[[ MATERIAL FOR THIS TASK, beginning ]]

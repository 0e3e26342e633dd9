//! The map with which a node goes on behind a loss of power.

ghost use Rattle.std.specs.Prelude.{◌≡◌, IfOk, IfSome};
ghost use Rattle.mt_model.specs.texts.Contents.{contents_of};
ghost use Rattle.mt_regained.specs.Reopened.{HasImage, new_map, reopened_map};

use crate::opening::opened;
use crate::rolled::rolled_map;
use mt_durable::Durable;
use mt_lasting::{durable_of, maps_and_changes_are_elements};
use mt_machine::states_are_valid;
use mt_model::Config;
use std::alloc::{AllocError, Global};

/// The map with which a node goes on whose journal leads to this map: that map without what was done under a fail-safe that was
/// armed; None exactly where it is not in the grammar of states. The empty map is that of a node that has never started, which
/// goes on with the fabrics and entries of its configuration.
pub fn reopened_map(
    alloc: Global,
    config: &Config,
    map: &Durable,
) -> Result<Option<Durable>, AllocError>
    ensures reopened { IfOk result (λ reopened. reopened ≡ reopened_map (contents_of config.now) map.now) }
    ensures image { IfOk result (λ reopened. IfSome reopened HasImage) }
{
    if map.as_slice().is_empty() {
        return Ok(Some(new_map(alloc, config)?));
    }
    rolled_map(alloc, map)
}

/// The map of a node that has never started, with which it begins.
pub fn new_map(alloc: Global, config: &Config) -> Result<Durable, AllocError>
    ensures map { IfOk result (λ map. map ≡ new_map (contents_of config.now)) }
    ensures image { IfOk result HasImage }
{
    states_are_valid();
    maps_and_changes_are_elements();
    let state = opened(alloc, 0, config)?;
    durable_of(alloc, &state, 0)
}
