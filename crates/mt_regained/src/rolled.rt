//! The rollback of a durable map.

ghost use Rattle.std.specs.Prelude.{◌≡◌, IfOk, IfSome};
ghost use Rattle.mt_regained.specs.Reopened.{HasImage};
ghost use Rattle.mt_regained.specs.Rolled.{rolled_map};

use crate::bytes::keys_are_of_bytes;
use crate::laws::states_are_regained;
use crate::regained::state_of;
use mt_durable::Durable;
use mt_grammar::{facts_hold, kept_in};
use mt_lasting::{durable_of, maps_and_changes_are_elements};
use mt_machine::expiries_spare_others;
use mt_steps::rolled_back;
use std::alloc::{AllocError, Global};

/// The map of the state that a map stands for, without what was done under a fail-safe that was armed; None exactly where the
/// map is not in the grammar of states.
pub fn rolled_map(alloc: Global, map: &Durable) -> Result<Option<Durable>, AllocError>
    ensures rolled { IfOk result (λ rolled. rolled ≡ rolled_map map.now) }
    ensures image { IfOk result (λ rolled. IfSome rolled HasImage) }
{
    states_are_regained();
    expiries_spare_others();
    maps_and_changes_are_elements();
    keys_are_of_bytes(map.as_slice());
    let Some(kept) = kept_in(alloc, map)? else {
        return Ok(None);
    };
    if !facts_hold(&kept) {
        return Ok(None);
    }
    let ceiling = kept.ceiling.unwrap_or(0);
    let state = state_of(alloc, kept)?;
    let behind = rolled_back(alloc, &state)?;
    Ok(Some(durable_of(alloc, &behind, ceiling)?))
}
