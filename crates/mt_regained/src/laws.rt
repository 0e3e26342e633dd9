//! Laws of states that are regained from a map. Each is the contract of a function that does nothing.

ghost use Rattle.mt_regained.specs.Reopened.{GoesOnAgain, NewNodesBegin, ReopenedMayStart};
ghost use Rattle.mt_regained.specs.Laws.{BeginsValid, DurableIsKept, FirstBoots, KeepsOtherKeys, KeptAgain, RolledTwice, StatesAreRegained, StatesAreValid};
ghost use Rattle.mt_regained.specs.Reopening.{ReopeningsRollBack, ReopeningsSeeTheOwn, ReopeningsTakeTheAdded, ReopensValid, RolledIsRollback};

use mt_lasting::{maps_are_maps, maps_are_read_back};
use mt_machine::{expiries_roll_back, expiries_spare_others, states_are_valid};

/// A map of the grammar stands for a valid state, of which the same is kept.
pub fn states_are_regained()
    ensures valid { StatesAreValid }
    ensures again { KeptAgain }
{
    states_are_valid();
}

/// What is durable of a valid state is a map of the grammar, and what is kept of the state is kept in it.
pub fn durable_maps_are_kept()
    ensures { DurableIsKept }
{
    maps_are_maps();
    maps_are_read_back();
}

/// What is kept of a valid state stands for a state of which the same is kept. Rolled back twice is rolled back once, and
/// under each key that a rollback does not name it leaves what was there.
pub fn rollbacks_are_the_last_word()
    ensures again { StatesAreRegained }
    ensures twice { RolledTwice }
    ensures keys { KeepsOtherKeys }
{
    states_are_regained();
    durable_maps_are_kept();
    expiries_spare_others();
    expiries_roll_back();
}

/// The next boot begins in a valid state, and the first one in that of a new node.
pub fn boots_begin_valid()
    ensures valid { BeginsValid }
    ensures first { FirstBoots }
{
    states_are_valid();
    states_are_regained();
    durable_maps_are_kept();
    expiries_spare_others();
}

/// A node that is reopened with the map with which it goes on goes on with the same: what is rolled back stays so, and a loss of
/// power before the first commit changes nothing.
pub fn maps_go_on_again()
    ensures { GoesOnAgain }
{
    states_are_valid();
    states_are_regained();
    durable_maps_are_kept();
    expiries_roll_back();
    expiries_spare_others();
}

/// With the map with which it goes on a node may start, where it can count one more boot and has room for event numbers. A
/// new node may, in its first boot.
pub fn reopened_nodes_may_start()
    ensures reopened { ReopenedMayStart }
    ensures new { NewNodesBegin }
{
    states_are_valid();
    durable_maps_are_kept();
    boots_begin_valid();
    maps_go_on_again();
}

/// A reopened node is valid, where its boot is one that there may be. What it keeps is what was kept before, rolled back, but for
/// the number of the boot; and that is what is kept of the state, rolled back.
pub fn reopenings_roll_back()
    ensures valid { ReopensValid }
    ensures back { ReopeningsRollBack }
    ensures rolled { RolledIsRollback }
{
    states_are_regained();
    durable_maps_are_kept();
    boots_begin_valid();
    expiries_spare_others();
}

/// A loss of power leaves of a fabric's own part what is made of that part and of the boot, and of nothing else, where the fabric
/// was not added under the fail-safe. The fabrics of a reopened node are those that were there, but for the one that was.
pub fn reopenings_see_the_own()
    ensures own { ReopeningsSeeTheOwn }
    ensures members { ReopeningsTakeTheAdded }
{
    states_are_regained();
    durable_maps_are_kept();
    expiries_spare_others();
    expiries_roll_back();
}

[[ MATERIAL FOR THIS TASK, end ]]

→ **WORK ITEM**
For the data shown above, give the number of lines where the word "same" appears, and nothing else.

→ **ANSWER BELOW**
3